- _Stored records_:
Start of Block
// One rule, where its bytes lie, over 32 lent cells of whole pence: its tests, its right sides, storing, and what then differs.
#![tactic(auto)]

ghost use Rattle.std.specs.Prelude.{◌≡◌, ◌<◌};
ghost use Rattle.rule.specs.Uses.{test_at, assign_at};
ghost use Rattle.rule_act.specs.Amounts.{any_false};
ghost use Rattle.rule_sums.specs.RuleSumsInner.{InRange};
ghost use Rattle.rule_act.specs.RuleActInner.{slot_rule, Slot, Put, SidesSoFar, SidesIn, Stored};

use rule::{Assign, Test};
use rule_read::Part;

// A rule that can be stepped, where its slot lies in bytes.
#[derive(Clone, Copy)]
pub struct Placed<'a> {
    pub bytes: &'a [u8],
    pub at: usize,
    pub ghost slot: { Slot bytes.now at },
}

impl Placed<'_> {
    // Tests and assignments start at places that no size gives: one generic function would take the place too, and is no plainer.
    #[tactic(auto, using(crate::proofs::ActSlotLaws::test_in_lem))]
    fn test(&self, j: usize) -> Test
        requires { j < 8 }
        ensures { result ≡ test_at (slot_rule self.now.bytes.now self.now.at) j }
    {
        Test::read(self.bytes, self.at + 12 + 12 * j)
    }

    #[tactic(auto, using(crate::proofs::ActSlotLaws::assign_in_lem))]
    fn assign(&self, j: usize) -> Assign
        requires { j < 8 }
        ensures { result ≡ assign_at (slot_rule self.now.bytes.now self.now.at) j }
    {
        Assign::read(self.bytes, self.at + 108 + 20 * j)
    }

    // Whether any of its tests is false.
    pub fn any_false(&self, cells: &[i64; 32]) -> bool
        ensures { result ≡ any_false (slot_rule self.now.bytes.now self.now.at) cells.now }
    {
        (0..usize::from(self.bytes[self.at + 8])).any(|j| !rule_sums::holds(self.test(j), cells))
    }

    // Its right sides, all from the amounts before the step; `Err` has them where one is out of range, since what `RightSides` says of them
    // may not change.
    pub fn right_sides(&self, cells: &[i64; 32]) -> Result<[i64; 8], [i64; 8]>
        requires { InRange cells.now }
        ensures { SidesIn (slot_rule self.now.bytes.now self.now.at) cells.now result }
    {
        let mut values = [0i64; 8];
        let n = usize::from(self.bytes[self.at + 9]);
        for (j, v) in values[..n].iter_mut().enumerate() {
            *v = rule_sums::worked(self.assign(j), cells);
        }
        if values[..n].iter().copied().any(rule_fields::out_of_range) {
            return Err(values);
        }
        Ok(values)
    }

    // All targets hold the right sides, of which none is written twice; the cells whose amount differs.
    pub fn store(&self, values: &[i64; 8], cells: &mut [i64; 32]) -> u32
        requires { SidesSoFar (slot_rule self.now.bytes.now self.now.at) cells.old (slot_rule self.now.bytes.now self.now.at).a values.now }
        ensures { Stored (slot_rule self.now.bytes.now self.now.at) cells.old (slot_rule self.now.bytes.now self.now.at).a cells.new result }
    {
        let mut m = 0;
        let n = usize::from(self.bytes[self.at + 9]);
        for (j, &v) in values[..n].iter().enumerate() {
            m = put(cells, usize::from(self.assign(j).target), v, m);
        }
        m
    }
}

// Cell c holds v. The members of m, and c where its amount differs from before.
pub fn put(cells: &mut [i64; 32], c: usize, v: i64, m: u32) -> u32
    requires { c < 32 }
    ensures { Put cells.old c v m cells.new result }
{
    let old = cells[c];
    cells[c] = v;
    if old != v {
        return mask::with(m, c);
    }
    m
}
End of Block
Start of Block
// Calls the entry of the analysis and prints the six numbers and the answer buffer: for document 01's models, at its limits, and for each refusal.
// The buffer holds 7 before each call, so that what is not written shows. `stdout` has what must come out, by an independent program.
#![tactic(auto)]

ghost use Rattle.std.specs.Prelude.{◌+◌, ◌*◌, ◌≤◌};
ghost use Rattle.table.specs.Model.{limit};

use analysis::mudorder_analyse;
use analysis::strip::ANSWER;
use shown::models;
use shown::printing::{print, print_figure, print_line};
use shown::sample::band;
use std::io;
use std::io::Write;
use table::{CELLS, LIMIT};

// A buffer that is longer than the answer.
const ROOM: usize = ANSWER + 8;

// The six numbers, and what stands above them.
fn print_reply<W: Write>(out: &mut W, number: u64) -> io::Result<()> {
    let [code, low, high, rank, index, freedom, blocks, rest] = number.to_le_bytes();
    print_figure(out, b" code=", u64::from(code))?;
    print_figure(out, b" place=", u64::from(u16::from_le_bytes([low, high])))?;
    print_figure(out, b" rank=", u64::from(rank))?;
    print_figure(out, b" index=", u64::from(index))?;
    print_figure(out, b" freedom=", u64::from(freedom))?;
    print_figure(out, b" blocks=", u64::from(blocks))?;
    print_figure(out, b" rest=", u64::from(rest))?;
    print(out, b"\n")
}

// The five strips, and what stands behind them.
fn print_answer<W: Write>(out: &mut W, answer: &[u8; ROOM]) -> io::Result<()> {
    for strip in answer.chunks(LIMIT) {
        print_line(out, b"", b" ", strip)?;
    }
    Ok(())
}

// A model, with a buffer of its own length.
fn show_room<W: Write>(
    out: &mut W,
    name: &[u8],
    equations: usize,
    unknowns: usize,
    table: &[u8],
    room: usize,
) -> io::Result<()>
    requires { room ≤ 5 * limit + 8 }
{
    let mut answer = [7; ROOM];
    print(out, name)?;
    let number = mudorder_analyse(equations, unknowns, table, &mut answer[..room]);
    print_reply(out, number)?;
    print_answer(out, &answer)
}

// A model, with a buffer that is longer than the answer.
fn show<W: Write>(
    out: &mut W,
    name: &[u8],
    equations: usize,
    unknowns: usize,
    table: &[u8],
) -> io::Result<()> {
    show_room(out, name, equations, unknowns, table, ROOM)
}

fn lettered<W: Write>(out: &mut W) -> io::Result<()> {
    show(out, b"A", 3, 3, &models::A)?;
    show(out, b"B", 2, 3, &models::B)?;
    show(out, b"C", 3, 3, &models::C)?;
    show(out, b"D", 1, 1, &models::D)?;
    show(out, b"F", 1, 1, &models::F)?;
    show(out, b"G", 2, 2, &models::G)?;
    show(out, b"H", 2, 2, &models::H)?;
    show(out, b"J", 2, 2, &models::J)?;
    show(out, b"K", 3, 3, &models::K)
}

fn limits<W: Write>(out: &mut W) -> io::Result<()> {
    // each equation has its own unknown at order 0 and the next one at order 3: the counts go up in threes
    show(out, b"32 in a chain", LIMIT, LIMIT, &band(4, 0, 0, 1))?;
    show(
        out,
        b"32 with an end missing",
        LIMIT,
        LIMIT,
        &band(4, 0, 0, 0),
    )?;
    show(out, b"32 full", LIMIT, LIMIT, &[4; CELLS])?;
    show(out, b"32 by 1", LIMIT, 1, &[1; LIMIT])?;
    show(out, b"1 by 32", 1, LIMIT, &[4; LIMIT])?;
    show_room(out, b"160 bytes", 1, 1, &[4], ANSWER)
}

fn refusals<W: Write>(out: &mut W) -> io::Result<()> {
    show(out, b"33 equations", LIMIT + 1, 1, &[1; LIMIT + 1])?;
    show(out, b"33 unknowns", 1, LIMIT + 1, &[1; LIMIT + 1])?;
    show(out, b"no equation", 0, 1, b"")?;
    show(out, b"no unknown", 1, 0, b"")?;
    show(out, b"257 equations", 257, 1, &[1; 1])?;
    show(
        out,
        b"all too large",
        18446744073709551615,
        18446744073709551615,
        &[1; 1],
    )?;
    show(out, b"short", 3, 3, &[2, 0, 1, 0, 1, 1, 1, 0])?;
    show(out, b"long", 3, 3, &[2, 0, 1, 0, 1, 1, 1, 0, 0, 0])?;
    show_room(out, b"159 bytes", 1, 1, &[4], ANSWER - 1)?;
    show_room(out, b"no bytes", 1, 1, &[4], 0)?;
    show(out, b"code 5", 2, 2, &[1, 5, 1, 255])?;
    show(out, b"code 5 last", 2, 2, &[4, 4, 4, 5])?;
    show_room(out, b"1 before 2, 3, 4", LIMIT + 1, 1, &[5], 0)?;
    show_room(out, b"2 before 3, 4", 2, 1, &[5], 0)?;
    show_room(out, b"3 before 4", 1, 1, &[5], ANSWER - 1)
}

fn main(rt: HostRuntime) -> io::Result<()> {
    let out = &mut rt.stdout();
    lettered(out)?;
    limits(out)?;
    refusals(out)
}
End of Block
- _What is needed_:
Whenever a line includes the word "tactic", pull it out of the entries.

- _Task output_:
#![tactic(auto)]
    #[tactic(auto, using(crate::proofs::ActSlotLaws::test_in_lem))]
    #[tactic(auto, using(crate::proofs::ActSlotLaws::assign_in_lem))]
#![tactic(auto)]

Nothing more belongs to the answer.